Corny got out of his car and chucked the full coffee into the parking lot. It splashed satisfactorily on the asphalt. He went inside and poured himself another cup. From behind the counter, a matronly woman with frizzy red hair looked him over and pointed to his jacket. "Who are you supposed to be, the devil?"
"I wish," Corny said, dropping a dollar twenty-five on the counter. "I wish."
Chapter 2
"The stones were sharp,
The wind came at my back;
Walking along the highway,
Mincing like a cat."
—Theodore Roethke, "Praise to the End!"
The wind whipped tiny pebbles of rain across Kaye's face. The droplets froze her hands, making her shiver as they slid down her wet hair and under the collar of her coat. She walked, head down, kicking the scattered trash that had eddied up on the grassy shores along the highway. A flattened soda can skittered into a sodden chrysanthemum-covered foam heart, staked there to mark the site of a car crash. There were no houses on this side of the road, just a long stretch of wet woods leading up to a gas station. She was over halfway home.
Cars hissed over the asphalt. The sound was comforting, like a long sigh.
I saw you. I saw what you did.
Awfulness twisted in her gut, awfulness and anger. She wanted to smash something, hit someone.
How could she have done anything? When she tried to make a magazine page turn on its own or a penny land on heads, it never worked. How could she have made Kenny see a broken-legged carousel horse move?
Never mind that she might as well assume that Spike and Lutie and Gristle had been imaginary. She'd been home for two weeks, and there was no sign of them, no matter how many times she had called them, no matter how many bowls of milk she left out, no matter how many times she went down to the old creek.
She took a deep breath, snorting rain up her nose.
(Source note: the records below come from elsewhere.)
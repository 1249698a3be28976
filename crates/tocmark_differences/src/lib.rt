//! Finds what two Markdown texts say differently.
//!
//! Enter at `compared` (`compare`). `allowed` names the kinds of things that may differ. `fold` and `erase` make of a reader's
//! events those that count: white space as one blank, if it may differ, and one fixed value for all else that may. `marks` has
//! these events as short texts, so that `align` finds which of them differ. `told` notes what that is, in the words of
//! `difference` and `phrases`. `letters` compares the letters of two texts alone, without a reader.
#![tactic(auto)]

pub mod align;
pub mod allowed;
pub mod compare;
pub mod difference;
pub mod erase;
pub mod fold;
pub mod letters;
pub mod marks;
pub mod merge;
pub mod parting;
pub mod phrases;
pub mod told;

pub use allowed::{Allowed, KINDS};
pub use compare::compared;
pub use difference::{Difference, Kind};
pub use letters::compared_letters;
It reminded her of crying.
The trees seemed like flat lead panels missing the stained glass to fit between their branches. She knew what her grandmother was going to say when she got back, stinking of liquor with a torn shirt. True things.
The same things that Janet would say tomorrow. There was no way to explain what had happened without admitting to something. His hand on her leg was what Janet would really care about—that, and that she had let it rest there, even if only for a moment. And she could imagine what he was telling Janet now—flushed, angry, and drunk—but even a badly managed lie would sound better than the truth.
I saw it stand up.
But even if he didn't go that far, who would believe that he touched her crotch on purpose, but ripped her shirt by accident? No, he must have told an entirely different story. So what was Kaye supposed to say when Janet asked what happened? Janet thought she was a liar already.
She could still feel the heat of Kenny's hand, a stroke of fire along her thigh in contrast to her otherwise rain-soaked skin.